47.2.4 Covariance Ratio
The covariance ratio cov.r
indicates the role of the observation on the precision of estimation. If cov.r
is greater than 1, then this observation improves the precision, overall, and if it’s less than 1, the observation drops the precision of estimation, and these are the points about which we’ll be most concerned.
- As with most of our other influence measures, Isabela appears to be a concern.
47.2.5 Leverage
The hat
value is a measure of leverage. Specifically, this addresses whether or not the point in question is unusual in terms of its combination of predictor values.
- The usual cutoff for a large leverage value is 2.5 times the average leverage across all observations, where the average leverage is equal to k/n, where n is the number of observations included in the regression model, and k is the number of model coefficients (slopes plus intercept).
- In the
gala
example, we’d regard any observation with a hat value larger than 2.5 x 6/30 = 0.5 to have large leverage.
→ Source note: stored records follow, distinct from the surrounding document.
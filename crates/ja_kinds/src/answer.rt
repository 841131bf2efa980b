ghost use Rattle.std.specs.Prelude.{◌≡◌, ◌⊎◌, ◌+◌, ◌<◌, ◌^◌, List, Option, IfOk, IfErr, MatchResult};
ghost use Rattle.ja_kinds.specs.declared.fault.KindFault.{KindFault};
ghost use Rattle.ja_kinds.specs.declared.fault.KindFault.TheVariants as faults;
ghost use Rattle.ja_kinds.specs.declared.state.KindState.{KindState};
ghost use Rattle.ja_kinds.specs.Solution.{IsFault};
ghost use Rattle.ja_kinds.specs.Answer.{HasCode, known_of, known_at, AreKindsOf, IsFaultOf};
ghost use Rattle.ja_kinds.specs.InnerSolving.{state_at, AreApart, AreKindsIn};

use crate::fault::KindFault;
use crate::frame::Frame;
use crate::judge::{first_fault, is_too_large};
use crate::known::Kinds;
use crate::method::frame_of;
use crate::state::{KindState, State};
use crate::step::copy;
use crate::sweep::solve;
use ja_base::{Memory, Seq};
use ja_class::Class;
use ja_code::{Code, RawInstr};
use ja_pool::Pool;
use std::alloc::Global;

/// A copy of the locals and the stack, where they are known.
fn known_of(alloc: Global, state: &State) -> Result<Option<KindState>, Memory>
    ensures { IfOk result (λ known. known ≡ known_of state.now) }
{
    match state {
        State::Unreached => Ok(None),
        State::Known(known) => {
            let locals = copy(alloc, &known.locals)?;
            let stack = copy(alloc, &known.stack)?;
            Ok(Some(KindState { locals, stack }))
        }
        State::Clash => Ok(None),
    }
}

/// The same of the state at a place.
fn known_in(alloc: Global, states: &[State], pc: u32) -> Result<Option<KindState>, Memory>
    ensures { IfOk result (λ known. known ≡ known_of (state_at states.now pc)) }
{
    if pc as usize >= states.len() {
        return Ok(None);
    }
    known_of(alloc, &states[pc as usize])
}

/// What is known before each of some instructions, where it is reached.
fn known_at(
    alloc: Global,
    states: &[State],
    instrs: &[RawInstr],
) -> Result<Seq<Option<KindState>>, Memory>
    ensures { IfOk result (λ known. known ≡ known_at (state_at states.now) instrs.now) }
{
    let mut all = Seq::new(alloc);
    for instr in instrs {
        let known = known_in(alloc, states, instr.pc)?;
        all.push(known)?;
    }
    Ok(all)
}

/// What is known before each instruction of code, or its first fault.
fn judged(alloc: Global, pool: &Pool, code: &Code, frame: &Frame) -> Result<Kinds, KindFault>
    requires some { 0 < frame.now.size }
    requires fits { frame.now.max_locals + frame.now.max_stack < 2 ^ 32 }
    requires apart { AreApart code.now.instrs }
    ensures ok { IfOk result (AreKindsIn pool.now code.now frame.now) }
    ensures fault { IfErr result (λ found. (found ≡ faults.Memory) ⊎ IsFault pool.now code.now frame.now found) }
{
    if is_too_large(frame) {
        return Err(KindFault::FrameSize {
            values: frame.max_locals + frame.max_stack,
        });
    }
    let states = solve(alloc, pool, code, frame)?;
    let instrs = code.instrs.as_slice();
    let found = first_fault(alloc, pool, frame, instrs, states.as_slice())?;
    if let Some(fault) = found {
        return Err(fault);
    }
    let states = known_at(alloc, states.as_slice(), instrs)?;
    Ok(Kinds::of(states))
}

/// The kinds of the locals and of the values on the stack before each instruction of a method of a class
/// (JVM specification 2.6, 4.10.1), which has code.
///
/// They are the least solution: unequal locals that meet are not usable, and unequal stacks that meet clash.
/// A fault is the first: `FrameSize`, where the locals and the stack have more than 512 words together; else
/// that of the first instruction that is reached and has one, `StackDepth` before `KindClash` before
/// `FallsOff`.
pub fn kinds(alloc: Global, class: &Class, m: u32) -> Result<Kinds, KindFault>
    requires { HasCode class.now m }
    // What is answered are the kinds.
    ensures ok { IfOk result (AreKindsOf class.now m) }
    // The kinds are answered where there are any, unless memory runs out.
    ensures only { (kinds : List (Option KindState)) → AreKindsOf class.now m kinds →
        MatchResult result (λ found. found ≡ kinds) (λ fault. fault ≡ faults.Memory) }
    // An error is the first fault, or want of memory.
    ensures fault { IfErr result (λ found. (found ≡ faults.Memory) ⊎ IsFaultOf class.now m found) }
    // The first fault is the error, unless memory runs out.
    ensures first { (fault : KindFault) → IsFaultOf class.now m fault →
        MatchResult result (λ _. ⊥) (λ found. (found ≡ faults.Memory) ⊎ (found ≡ fault)) }
{
    let head = class.head.methods.at(u64::from(m));
    let method = class.methods.at(u64::from(m));
    let Some(code) = &method.code else {
        unreachable!();
    };
    let frame = frame_of(alloc, head, method, code)?;
    judged(alloc, &class.pool, code, &frame)
}
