ghost use Rattle.std.specs.Prelude.{◌≡◌, ℕ, List, Option, slice_get, Some};
ghost use Rattle.ja_pool.specs.Table.{Table};
ghost use Rattle.ja_code.specs.declared.instr.RawInstr.{RawInstr};
ghost use Rattle.ja_code.specs.declared.behaviour.Behaviour.{Behaviour};
ghost use Rattle.ja_kinds.specs.declared.effect.Effect.{Effect};
ghost use Rattle.ja_code.specs.declared.code.Code.{Code};
ghost use Rattle.ja_class.specs.declared.class.ClassMethod.{ClassMethod};
ghost use Rattle.ja_class.specs.Meaning.{ClassSpelled};
ghost use Rattle.ja_class.specs.ClassFile.{IsSpelled};
ghost use Rattle.ja_kinds.specs.declared.fault.KindFault.{KindFault};
ghost use Rattle.ja_kinds.specs.declared.frame.Frame.{Frame};
ghost use Rattle.ja_kinds.specs.declared.state.KindState.{KindState};
ghost use Rattle.ja_kinds.specs.declared.state.State.{State};
ghost use Rattle.ja_kinds.specs.Effect.{HasEffect, Does, IsOneOf, rearranged};
ghost use Rattle.ja_kinds.specs.Solution.{IsLeast, AreKinds};
ghost use Rattle.ja_kinds.specs.Answer.{HasFrame, AreKindsOf, IsFaultOf};
ghost use Rattle.ja_kinds.specs.Reached.{AreReached};
ghost use Rattle.ja_base.specs.declared.java_type.Kind.{Kind};
ghost use Rattle.ja_code.specs.declared.behaviour.Rearrangement.{Rearrangement};
ghost use Rattle.ja_code.specs.Behaviour.{Move, moves_of};
ghost use Rattle.ja_kinds.specs.Moving.{IsFitting, stack_after, IsMovedTo};

use ja_bytes::law_one_reading;

/// An instruction has at most one effect.
pub fn law_one_effect()
    ensures { (pool : Table) (i : RawInstr) (behaviour : Behaviour) (effect other : Effect) →
        HasEffect pool i behaviour effect → HasEffect pool i behaviour other → effect ≡ other }
{
    law_one_reading();
}

/// Each instruction of a method of a class has an effect: the opcode is one that a decoded instruction has,
/// and the entry of the constant pool that it names is one of its kind, with a descriptor.
pub fn law_each_has_an_effect()
    ensures { (class : ClassSpelled) → IsSpelled class → (m : ℕ) (method : ClassMethod) (code : Code) →
        slice_get class.methods m ≡ Some method → method.code ≡ Some code → (i : RawInstr) → IsOneOf i code.instrs →
        (behaviour : Behaviour) × (effect : Effect) × Does class.pool i behaviour effect }
{}

/// A code has at most one least solution, and a method has at most one answer: kinds, or a fault.
pub fn law_one_answer()
    ensures solution { (pool : Table) (code : Code) (frame : Frame) (at other : ℕ → State) →
        IsLeast pool code frame at → IsLeast pool code frame other → (place : ℕ) → at place ≡ other place }
    ensures kinds { (class : ClassSpelled) (m : ℕ) (kinds others : List (Option KindState)) →
        AreKindsOf class m kinds → AreKindsOf class m others → kinds ≡ others }
    ensures fault { (class : ClassSpelled) (m : ℕ) (fault other : KindFault) →
        IsFaultOf class m fault → IsFaultOf class m other → fault ≡ other }
    ensures not_both { (class : ClassSpelled) (m : ℕ) (kinds : List (Option KindState)) (fault : KindFault) →
        AreKindsOf class m kinds → IsFaultOf class m fault → ⊥ }
{}

/// In the kinds of a method of a class each instruction that is reached takes what is known before it, and
/// leads to instructions that are reached.
pub fn law_reached()
    ensures { (class : ClassSpelled) → IsSpelled class → (m : ℕ) (code : Code) (frame : Frame) → HasFrame class m code frame →
        (at : ℕ → State) → AreKinds class.pool code frame at → AreReached class.pool code frame at }
{}

/// What moves words on the stack makes of it exactly what one of its moves does that fits.
pub fn law_moves()
    ensures moved { (how : Rearrangement) (stack new : List Kind) → rearranged how stack ≡ Some new → IsMovedTo how stack new }
    ensures fits { (how : Rearrangement) (move : Move) (stack : List Kind) → IsOneOf move (moves_of how) → IsFitting move stack →
        rearranged how stack ≡ Some (stack_after move stack) }
{}
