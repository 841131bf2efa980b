//! What the locals and the values on the stack are before each instruction of a method.
#![tactic(auto)]

mod answer;
mod effect;
mod entry;
mod fault;
mod frame;
mod judge;
mod known;
mod law;
mod locals;
mod merge;
mod method;
mod pool_kinds;
mod reading;
mod solve;
mod stack;
mod state;
mod step;
mod sweep;

pub use answer::kinds;
pub use effect::Effect;
pub use fault::KindFault;
pub use frame::Frame;
pub use known::Kinds;
pub use law::{law_each_has_an_effect, law_moves, law_one_answer, law_one_effect, law_reached};
pub use pool_kinds::tag_named;
pub use state::{KindList, KindState, State};
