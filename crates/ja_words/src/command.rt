//! What the words of a call ask for.
ghost use Rattle.std.specs.Prelude.{◌≡◌, ℕ, ◌≤◌, ◌↔◌, List, [], ◌∷◌, IfSome, IsNone, IsTrue, drop, length};
ghost use Rattle.ja_words.specs.Options.{plain_words};
ghost use Rattle.ja_words.specs.Words.{AreNumbers, AreWrong, AsksAnalysis, AsksMade, IsCommand, IsDirectory, IsWorkers};

use crate::number::{number_given, number_in};
use crate::options::{plain_at, value_at};
use ja_base::{MAX_GENERATED_CLASSES, MAX_SLOTS, MAX_WORKERS, MIN_SLOTS, Name};

/// How many workers there are where the words do not say.
const WORKERS: u64 = 4;

/// What the words of a call ask for.
#[derive(Drop)]
pub enum Command<'a> {
    /// To analyse the folder of a directory.
    Analyse {
        dir: &'a Name,
        /// 1 to 64.
        workers: u32,
        /// The most slots that a table of nodes may have, 16 to 16,777,216.
        limit: u64,
    },
    /// To make classes and analyse them.
    Generate {
        /// From what the classes follow.
        number: u32,
        /// How many classes, 1 to 4,000.
        classes: u32,
        /// 1 to 64.
        workers: u32,
    },
}

/// Whether a word may stand for a directory.
fn is_directory(word: &[u8]) -> bool
    ensures { IsTrue result ↔ IsDirectory word.now }
{
    !word.is_empty() && word[0] != b'-' && str::from_utf8(word).is_ok()
}

/// The number of workers.
fn workers_of(words: &[Name]) -> Option<u32>
    ensures found { IfSome result (IsWorkers words.now) }
    ensures none { IsNone result → (workers : ℕ) → IsWorkers words.now workers → ⊥ }
{
    let workers = number_given(words, b"--workers", WORKERS, 1, u64::from(MAX_WORKERS))?;
    Some(workers as u32)
}

/// The one word that is neither an option nor the value of one, if it may stand for a directory.
fn directory_of(words: &[Name]) -> Option<&Name>
    ensures only { IfSome result (λ dir. plain_words words.now ≡ dir.now ∷ []) }
    ensures directory { IfSome result (λ dir. IsDirectory dir.now) }
    ensures none { IsNone result → (dir : List ℕ) → plain_words words.now ≡ dir ∷ [] → IsDirectory dir → ⊥ }
{
    let dir = plain_at(words, 0)?;
    match plain_at(words, 1) {
        Some(_) => None,
        None if is_directory(dir.bytes()) => Some(dir),
        None => None,
    }
}

/// The two words that are neither options nor values of options, if there are just two.
fn two_words(words: &[Name]) -> Option<(&Name, &Name)>
    ensures only { IfSome result (λ two. plain_words words.now ≡ two.0.now ∷ two.1.now ∷ []) }
    ensures none { IsNone result → (first second : List ℕ) → plain_words words.now ≡ first ∷ second ∷ [] → ⊥ }
{
    let first = plain_at(words, 0)?;
    let second = plain_at(words, 1)?;
    match plain_at(words, 2) {
        Some(_) => None,
        None => Some((first, second)),
    }
}

/// The directory, the number of workers and the limit, where these are the words behind `analyse`.
fn analysis_of(words: &[Name]) -> Option<(&Name, u32, u64)>
    ensures found { IfSome result (λ asked. AsksAnalysis words.now asked.0.now asked.1 asked.2) }
    ensures none { IsNone result → (dir : List ℕ) (workers limit : ℕ) → AsksAnalysis words.now dir workers limit → ⊥ }
{
    let dir = directory_of(words)?;
    let workers = workers_of(words)?;
    let limit = number_given(words, b"--limit", MAX_SLOTS, MIN_SLOTS, MAX_SLOTS)?;
    Some((dir, workers, limit))
}

/// The number and the number of classes.
fn numbers_of(words: &[Name]) -> Option<(u32, u32)>
    ensures found { IfSome result (λ numbers. AreNumbers words.now numbers.0 numbers.1) }
    ensures none { IsNone result → (number classes : ℕ) → AreNumbers words.now number classes → ⊥ }
{
    let (first, second) = two_words(words)?;
    let number = number_in(first, 0, u64::from(u32::MAX))?;
    let classes = number_in(second, 1, u64::from(MAX_GENERATED_CLASSES))?;
    Some((number as u32, classes as u32))
}

/// The number, the number of classes and of workers, where these are the words behind `generate`.
fn made_of(words: &[Name]) -> Option<(u32, u32, u32)>
    ensures found { IfSome result (λ asked. AsksMade words.now asked.0 asked.1 asked.2) }
    ensures none { IsNone result → (number classes workers : ℕ) → AsksMade words.now number classes workers → ⊥ }
{
    let (number, classes) = numbers_of(words)?;
    let workers = workers_of(words)?;
    match value_at(words, b"--limit", 0) {
        Some(_) => None,
        None => Some((number, classes, workers)),
    }
}

/// Whether a word is this text.
fn is_word(word: &Name, text: &[u8]) -> bool
    ensures { IsTrue result ↔ (word.now ≡ text.now) }
{
    word.bytes() == text
}

/// The words behind the first.
fn rest_of(words: &[Name]) -> &[Name]
    requires { 1 ≤ length words.now }
    ensures { result.now ≡ drop 1 words.now }
{
    &words[1..]
}

/// What words ask for, where they are right. It takes no memory.
pub fn command_of(words: &[Name]) -> Option<Command<'_>>
    // The answer is what the words ask for.
    ensures found { IfSome result (IsCommand words.now) }
    // Without an answer they are wrong.
    ensures wrong { IsNone result → AreWrong words.now }
{
    let [command, ..] = words else {
        return None;
    };
    let rest = rest_of(words);
    let analyses = is_word(command, b"analyse");
    let makes = is_word(command, b"generate");
    if analyses {
        let (dir, workers, limit) = analysis_of(rest)?;
        Some(Command::Analyse {
            dir,
            workers,
            limit,
        })
    } else if makes {
        let (number, classes, workers) = made_of(rest)?;
        Some(Command::Generate {
            number,
            classes,
            workers,
        })
    } else {
        None
    }
}
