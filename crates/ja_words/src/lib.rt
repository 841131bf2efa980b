//! The words of a call of the program. Reading them takes no memory.
#![tactic(auto)]

mod command;
mod law;
mod number;
mod options;

pub use command::{Command, command_of};
pub use law::law_one_command;
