// The header of a database.
ghost use Rattle.std.specs.Prelude.{◌≡◌, ◌≤◌, length};
ghost use Rattle.database_header.specs.Header.{page_size_of, Opens, offset};

use btree_format::{first_unlike, half_at, is_usable};
use page_size::is_page_size;
use std::fmt;

// What the header says of every page.
#[derive(Clone, Copy, Debug, PartialEq, Eq)]
pub struct Database {
    // In bytes: a power of two from 512 to 65,536, if `open` gave it.
    pub page_size: u32,
    // The number of bytes at the end of each page that are reserved; 480 or more are left.
    pub reserved: u8,
}

// What can be wrong with a header, in the order in which it is looked at.
#[derive(Clone, Copy, Debug, PartialEq, Eq)]
pub enum Fault {
    // Fewer than 100 bytes.
    Length,
    // The first byte that differs from the magic string.
    Magic(usize),
    PageSize,
    // Fewer than 480 bytes of a page remain without the reserved ones.
    UsableSize,
}

impl Fault {
    // Where in the header the field stands that is wrong.
    pub fn offset(self) -> Option<usize>
        ensures { result ≡ offset self }
    {
        match self {
            Fault::Length => None,
            Fault::Magic(at) => Some(at),
            Fault::PageSize => Some(PAGE_SIZE_AT),
            // The usable size is the page size less the reserved bytes, whose number is stored there.
            Fault::UsableSize => Some(RESERVED_AT),
        }
    }
}

// The rule's name.
impl fmt::Display for Fault {
    ghost use Rattle.std.specs.Prelude.{Some};
    ghost use Rattle.database_header.specs.Header.{name};

    ghost output = { λ f. Some (name f) };

    fn fmt<W: fmt::Write>(&self, f: &mut fmt::Formatter<W>) -> fmt::Result {
        f.write_str(match self {
            Fault::Length => "length",
            Fault::Magic(_) => "magic",
            Fault::PageSize => "page size",
            Fault::UsableSize => "usable size",
        })
    }
}

pub const HEADER_LENGTH: usize = 100;

// Where the page size and the number of reserved bytes stand.
const PAGE_SIZE_AT: usize = 16;

const RESERVED_AT: usize = 20;

// The header that a file begins with. Only its first 100 bytes are looked at.
pub fn open(bytes: &[u8]) -> Result<Database, Fault>
    ensures { Opens bytes.now result }
{
    if bytes.len() < HEADER_LENGTH {
        return Err(Fault::Length);
    }
    if let Some(at) = first_unlike(bytes) {
        return Err(Fault::Magic(at));
    }
    let page_size = page_size_of(bytes);
    if !is_page_size(page_size) {
        return Err(Fault::PageSize);
    }
    let reserved = bytes[RESERVED_AT];
    if !is_usable(page_size as usize, reserved) {
        return Err(Fault::UsableSize);
    }
    Ok(Database {
        page_size,
        reserved,
    })
}

// The page size that is stored, good or not: 65,536 doesn't fit, and is stored as 1.
#[tactic(auto, unfolding(crate::specs::Header::page_size_of))]
fn page_size_of(bytes: &[u8]) -> u32
    requires { 18 ≤ length bytes.now }
    ensures { result ≡ page_size_of bytes.now }
{
    match half_at(bytes, PAGE_SIZE_AT) {
        1 => 65536,
        stored => stored as u32,
    }
}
This includes Fernandina and Isabela.
47.2.6 Indicator of Influence
The little asterisk indicates an observation which is influential according to R’s standards for any of these measures. You can take the absence of an asterisk as a clear indication that a point is NOT influential. Points with asterisks may or may not be influential in an important way. In practice, I usually focus on the Cook’s distance to make decisions about likely influence, when the results aren’t completely clear.